● EXERCISE DETAILS
The answer must consist of each line below that contains the word "writes", copied in full.

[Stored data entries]
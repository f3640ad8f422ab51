// The verdict on a run. Its first line begins with the answer's number, `answer N:`, and says what happened: exhausted, failed,
// no verdict or refused. Behind it stands what was covered where nothing failed, or what to do where a limit ended the run.
#![tactic(auto)]

ghost use Rattle.std.specs.Prelude.{◌≡◌};
ghost use Rattle.page.specs.Pages.{page_of};
ghost use Rattle.settings.specs.Given.{settings_of};
ghost use Rattle.report.specs.Answers.{report_of};
ghost use Rattle.verdict.specs.Verdicts.{put_verdict, put_passed, put_refused, put_check, put_wanted, put_failed};

use decode::Op;
use page::Page;
use report::{AtFault, Report, answers};
use settings::Settings;

// Puts the verdict.
pub fn put(
    page: &mut Page,
    at: usize,
    table: &[u8],
    condition: &[u8],
    trace: &[u8],
    settings: Settings,
    report: Report,
) -> usize
    ensures { page_of page.new result ≡ put_verdict (page_of page.old at) table.now condition.now trace.now (settings_of settings) (report_of report) }
{
    let answer = report.answer;
    let number = report::number(answer);
    let site = report::at_fault(answer);
    if limit::is_limit(number) {
        return limit::put(page, at, trace, settings, number, site);
    }
    if report::is_refusal(number) {
        return put_refused(page, at, table, condition, number, site);
    }
    match number {
        answers::EXHAUSTED => put_passed(page, at, table, condition, settings, report.begun),
        answers::RACE => {
            let kind = report::race_kind(answer);
            let other = report::other_thread(answer);
            race::put(page, at, table, trace, site, kind, other)
        }
        answers::CHECK => put_check(page, at, table, trace, site),
        answers::UNMET => finally::put(page, at, table, condition, trace),
        _ => put_failed(page, at, number, site),
    }
}

// Nothing failed: what was covered, and that the final condition was true, where there is one.
fn put_passed(
    page: &mut Page,
    at: usize,
    table: &[u8],
    condition: &[u8],
    settings: Settings,
    begun: u64,
) -> usize
    ensures { page_of page.new result ≡ put_passed (page_of page.old at) table.now condition.now (settings_of settings) begun }
{
    let to = coverage::put(page, at, table, settings, begun);
    if condition.is_empty() {
        return to;
    }
    page::put(
        page,
        to,
        b"the final condition was true at the end of every execution\n",
    )
}

// What is wrong with what was given.
fn put_refused(
    page: &mut Page,
    at: usize,
    table: &[u8],
    condition: &[u8],
    number: u64,
    site: AtFault,
) -> usize
    ensures { page_of page.new result ≡ put_refused (page_of page.old at) table.now condition.now number site.thread site.row }
{
    match number {
        answers::BAD_SETTINGS => page::put(
            page,
            at,
            b"answer 2: refused: the settings are out of range\n",
        ),
        answers::BAD_PATH => page::put(
            page,
            at,
            b"answer 3: refused: the path buffer has the wrong length\n",
        ),
        answers::BAD_TRACE => page::put(
            page,
            at,
            b"answer 4: refused: the trace buffer has the wrong length\n",
        ),
        _ => refusal::put(page, at, table, condition, site),
    }
}

// A check that failed, with what its register holds.
fn put_check(page: &mut Page, at: usize, table: &[u8], trace: &[u8], site: AtFault) -> usize
    ensures { page_of page.new result ≡ put_check (page_of page.old at) table.now trace.now site.thread site.row }
{
    let to = page::fill(
        page,
        at,
        b"answer 15: failed: the check at thread #, row #",
        site.thread,
        site.row,
        0,
    );
    let to = put_wanted(
        page,
        to,
        table,
        trace,
        (site.thread % 256) as u8,
        (site.row % 256) as u8,
    );
    page::put(page, to, b"\n")
}

// What the check of this row wants, and what is there; nothing where the row is no check.
fn put_wanted(page: &mut Page, at: usize, table: &[u8], trace: &[u8], thread: u8, row: u8) -> usize
    ensures { page_of page.new result ≡ put_wanted (page_of page.old at) table.now trace.now thread row }
{
    let Some(op) = steps::row_of(table, thread, row) else {
        return at;
    };
    let Op::Check { register, a } = op else {
        return at;
    };
    let held = steps::held::after(table, trace, steps::count(trace));
    let value = steps::held::register(&held, thread, register);
    page::fill(
        page,
        at,
        b": r# should be # and is #",
        register as u64,
        a,
        value,
    )
}

// What else stops a run where it goes wrong.
fn put_failed(page: &mut Page, at: usize, number: u64, site: AtFault) -> usize
    ensures { page_of page.new result ≡ put_failed (page_of page.old at) number site.thread site.row }
{
    match number {
        answers::DEADLOCK => page::put(
            page,
            at,
            b"answer 10: failed: deadlock: no thread can run, and not every thread has ended\n",
        ),
        answers::EQUAL_ORDERS => page::fill(
            page,
            at,
            b"answer 13: failed: two stores that a load may read have no order between them, at thread #, row #\n",
            site.thread,
            site.row,
            0,
        ),
        answers::FLAGS => page::fill(
            page,
            at,
            b"answer 16: failed: `critical` while exploring is off, or `explore_state` while it is on, at thread #, row #\n",
            site.thread,
            site.row,
            0,
        ),
        _ => page::fill(
            page,
            at,
            b"answer #: stopped by a mistake of the explorer itself, at thread #, row #: please report it\n",
            number,
            site.thread,
            site.row,
        ),
    }
}
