// The library's calls under C names: include/sigvanyor.h declares them and says what each does.
// A call answers a status, 0 or the refusal's number, and writes its values through pointers;
// refused, it writes nothing. Calls that have no refusals, as the candidate checks, answer by
// themselves.
// A slice is a pointer and the number of its elements.
#![tactic(auto)]

ghost use Rattle.std.specs.Prelude.{◌≡◌, map, ℕ, length};
ghost use Rattle.game.specs.Finite.{all};
ghost use Rattle.game.specs.Game.{strategy as named};
ghost use Rattle.refusal.specs.Told.{values, unless, told_of, status, byte_of};
ghost use Rattle.written_lists.specs.Outputs.{over};
ghost use Rattle.payoff_order.specs.Order.{finite};
ghost use Rattle.utility.specs.Value.{utility_answer};
ghost use Rattle.payoff_tables.specs.Checks.{counts_refusal, table_refusal};
ghost use Rattle.payoff_tables.specs.Answers.{offset_answer, payoff_answer};
ghost use Rattle.table.specs.Space.{space_of};
ghost use Rattle.profile_step.specs.Step.{step};
ghost use Rattle.responses.specs.Answers.{response_utilities, responses_answer, responses_written};
ghost use Rattle.equilibria.specs.Answers.{is_equilibrium_answer, equilibria_answer, equilibria_choices, equilibria_utilities};
ghost use Rattle.response_marks.specs.Answers.{marks_answer, marks_written, Counted, from_marks_answer, from_marks_choices, from_marks_utilities};
ghost use Rattle.dominance.specs.Answers.{strategies_of, dominators_of, dominated_answer, dominated_written};
ghost use Rattle.survivors.specs.Survivors.{fresh_of};
ghost use Rattle.strikes.specs.Answers.{strike_answer, strike_leaves, surviving_answer, surviving_choices, surviving_utilities};
ghost use Rattle.strike_chains.specs.Answers.{calls_of, dominator_of, strikes_answer, strikes_leave, strikes_written};
ghost use Rattle.response_list.specs.Responses.{records_answer, records_written};
ghost use Rattle.deposit_format.specs.Answers.{read_answer, read_counts, read_payoffs, write_answer, write_bytes};
ghost use Rattle.catalogue.specs.Answers.{number_answer};
ghost use Rattle.candidates.specs.Checks.{incentives, verdict_of, minimax};
ghost use Rattle.c_answers.specs.Status.{output, beside, some_byte, or_zero, part_start, part_length, survivors_of, mark_bytes};
ghost use Rattle.exports.specs.Interface.{interface};

use candidates::Claim;
use response_list::BestResponse;
use table::{MAX_MARKS, MAX_PLAYERS, StrategySpace};
use utility::Utility;

// The number of this interface, SIGVANYOR_INTERFACE of the header. It goes up with each change of a
// C signature, of a limit or of the stack that the header names.
pub const INTERFACE: u32 = 3;

// The number of the interface that the archive was built with.
#[unsafe(no_mangle)]
pub extern "C" fn sigvanyor_interface() -> u32
    ensures { result ≡ interface }
{
    INTERFACE
}

// `Utility::new`: the value into `utility`, or 7.
#[unsafe(no_mangle)]
pub extern "C" fn sigvanyor_utility_new(value: f64, utility: &mut f64) -> u32
    ensures value { result ≡ status (utility_answer value) }
    ensures utility_after { utility.new ≡ output (utility_answer value) utility.old }
{
    let answer = Utility::new(value).map(|u| u.value());
    c_outputs::value_into(answer, utility)
}

// `all_finite`: whether every value is finite.
#[unsafe(no_mangle)]
pub extern "C" fn sigvanyor_all_finite(values: &[f64]) -> bool
    ensures { result ≡ all finite values.now }
{
    utility::all_finite(values)
}

// `StrategySpace::from_counts`: P and the counts with 0 from P on into the outputs, or 1 to 5.
#[unsafe(no_mangle)]
pub extern "C" fn sigvanyor_from_counts(
    counts: &[usize],
    players: &mut usize,
    space_counts: &mut [usize; MAX_PLAYERS],
) -> u32
    ensures value { result ≡ status (unless (counts_refusal counts.now) (space_of counts.now)) }
    ensures players_after { players.new ≡ output (unless (counts_refusal counts.now) (space_of counts.now).players) players.old }
    ensures space_counts_after { space_counts.new ≡ output (unless (counts_refusal counts.now) (space_of counts.now).counts) space_counts.old }
{
    c_outputs::space_into(StrategySpace::from_counts(counts), players, space_counts)
}
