// Which slots are slots of the records that a boot finds.
ghost use Rattle.std.specs.Prelude.{◌≡◌, ℕ, ◌-◌, ◌<◌, ◌==◌, ◌||◌, ◌&&◌, nat_lt, length, slice_index};
ghost use Rattle.std.specs.List.{list_any};
ghost use Rattle.record_model.specs.Records.{Slot, entry_of, is_first, is_taken, further_of};
ghost use Rattle.record_slots.specs.Listed.{first_records};
ghost use Rattle.record_slots.specs.Slots.{numbers_of};
ghost use Rattle.record_slots.specs.Looks.{AreSeen, AreMarked};

use crate::Look;
use flash_model::Geometry;
use record_slots::{Head, parts_of};

/// Whether a slot is one of those of a record that a boot finds.
pub fn is_taken(looks: &[Look], firsts: &[bool], geometry: &Geometry, slot: u32) -> bool
    requires looked { length looks.now ≡ geometry.now.slots }
    requires judged { length firsts.now ≡ geometry.now.slots }
    ensures { (seen : ℕ → Slot) → AreSeen seen geometry.now.slots looks.now
        → AreMarked geometry.now.slots (is_first (entry_of (geometry.now.slot_size - 64) geometry.now.slots seen)
        geometry.now.slots) firsts.now → result
        ≡ is_taken (first_records (entry_of (geometry.now.slot_size - 64) geometry.now.slots seen) geometry.now.slots)
        geometry.now.slots slot }
{
    for first in 0..geometry.slots as u32 {
        if firsts[first as usize] && has_slot(&looks[first as usize].head, geometry, first, slot) {
            return true;
        }
    }
    false
}

// Whether the record of a first slot has a slot.
#[tactic(auto, using(std::proofs::lemmas::Bool::Decides::nat_tests))]
fn has_slot(head: &Head, geometry: &Geometry, first: u32, slot: u32) -> bool
    ensures { result ≡ (slot == first || list_any (λ n. slot == n) (further_of (geometry.now.slot_size - 64)
        (numbers_of head.now))) }
{
    slot == first || names(head, geometry, slot)
}

// Whether the head of a first slot names a further slot.
fn names(head: &Head, geometry: &Geometry, slot: u32) -> bool
    ensures { result ≡ list_any (λ n. slot == n) (further_of (geometry.now.slot_size - 64) (numbers_of head.now)) }
{
    let further = parts_of(geometry, head.len).saturating_sub(1);
    let first = names_at(head, further, slot, 0);
    let second = names_at(head, further, slot, 1);
    let third = names_at(head, further, slot, 2);
    any_of(first, second, third)
}

fn any_of(first: bool, second: bool, third: bool) -> bool
    ensures { result ≡ (first || second || third) }
{
    first || second || third
}

// Whether one of the numbers is that of the slot, where it is one of the first so many.
#[tactic(auto, using(std::proofs::lemmas::Bool::Decides::nat_tests))]
fn names_at(head: &Head, further: u32, slot: u32, at: usize) -> bool
    requires { at < 3 }
    ensures { result ≡ (nat_lt at further && (slot == slice_index head.now.next at)) }
{
    let next = head.next[at];
    at < further as usize && u32::from(next) == slot
}
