// What kind of file an image is.
ghost use Rattle.std.specs.Prelude.{◌≡◌, ◌*◌, ℕ, List, length};
ghost use Rattle.image_survey.specs.Shown.{AreShown};
ghost use Rattle.image_survey.specs.Heads.{IsFileView, file_kind_by, is_unknown, unknown_in};

use crate::heads::{Guess, best_guess, count_heads};
use crate::totals::one_if;
use crate::{SlotKind, SlotView};
use flash_model::Geometry;

/// What kind of file an image is to a store of some geometry.
#[derive(Clone, Copy, Debug, PartialEq, Eq)]
pub enum FileKind {
    /// A store's flash of this geometry: its own, an erased one, or what lost power left of it.
    Store,
    /// A store's flash of another geometry: more heads stand where its slots begin.
    Other,
    /// None of ours: no head of a record stands in it, and more than two slots are of no known form.
    Foreign,
}

/// What is seen of a file: the heads in the geometry that it is looked at by, the geometry that it seems to have, and what
/// kind of file that makes it.
#[derive(Clone, Copy, Debug)]
pub struct FileView {
    pub heads: u32,
    pub guess: Option<Guess>,
    pub kind: FileKind,
}

/// What kind of file an image is, by its heads and by what its slots are.
pub fn view_file(image: &[u8], geometry: &Geometry, views: &[SlotView]) -> FileView
    requires sized { length image.now ≡ geometry.now.slot_size * geometry.now.slots }
    requires all { length views.now ≡ geometry.now.slots }
    requires shown { AreShown geometry.now.slot_size geometry.now.slots image.now views.now }
    ensures { IsFileView geometry.now.slot_size geometry.now.slots image.now result }
{
    let heads = count_heads(image, geometry);
    let guess = best_guess(image);
    let unknown = count_unknown(geometry, views);
    FileView {
        heads,
        guess,
        kind: file_kind_by(heads, &guess, unknown),
    }
}

#[tactic(auto, using(std::proofs::lemmas::Bool::Decides::nat_tests))]
fn file_kind_by(heads: u32, guess: &Option<Guess>, unknown: u32) -> FileKind
    ensures { result ≡ file_kind_by heads guess.now unknown }
{
    match guess {
        Some(guess) if guess.heads > heads => FileKind::Other,
        Some(_) => FileKind::Store,
        None if unknown > 2 => FileKind::Foreign,
        None => FileKind::Store,
    }
}

// The slots of no known form.
fn count_unknown(geometry: &Geometry, views: &[SlotView]) -> u32
    requires all { length views.now ≡ geometry.now.slots }
    ensures { (image : List ℕ) → AreShown geometry.now.slot_size geometry.now.slots image views.now
        → result ≡ unknown_in geometry.now.slot_size geometry.now.slots image }
{
    let mut unknown = 0;
    for slot in 0..geometry.slots as u32 {
        let found = one_if(is_unknown(views[slot as usize].kind));
        unknown += found;
    }
    unknown
}

fn is_unknown(kind: SlotKind) -> bool
    ensures { result ≡ is_unknown kind }
{
    matches!(kind, SlotKind::Unknown)
}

● SOLUTION TO THIS TASK
// A call answers a status, 0 or the refusal's number, and writes its values through pointers;
// refused, it writes nothing. Calls that have no refusals, as the candidate checks, answer by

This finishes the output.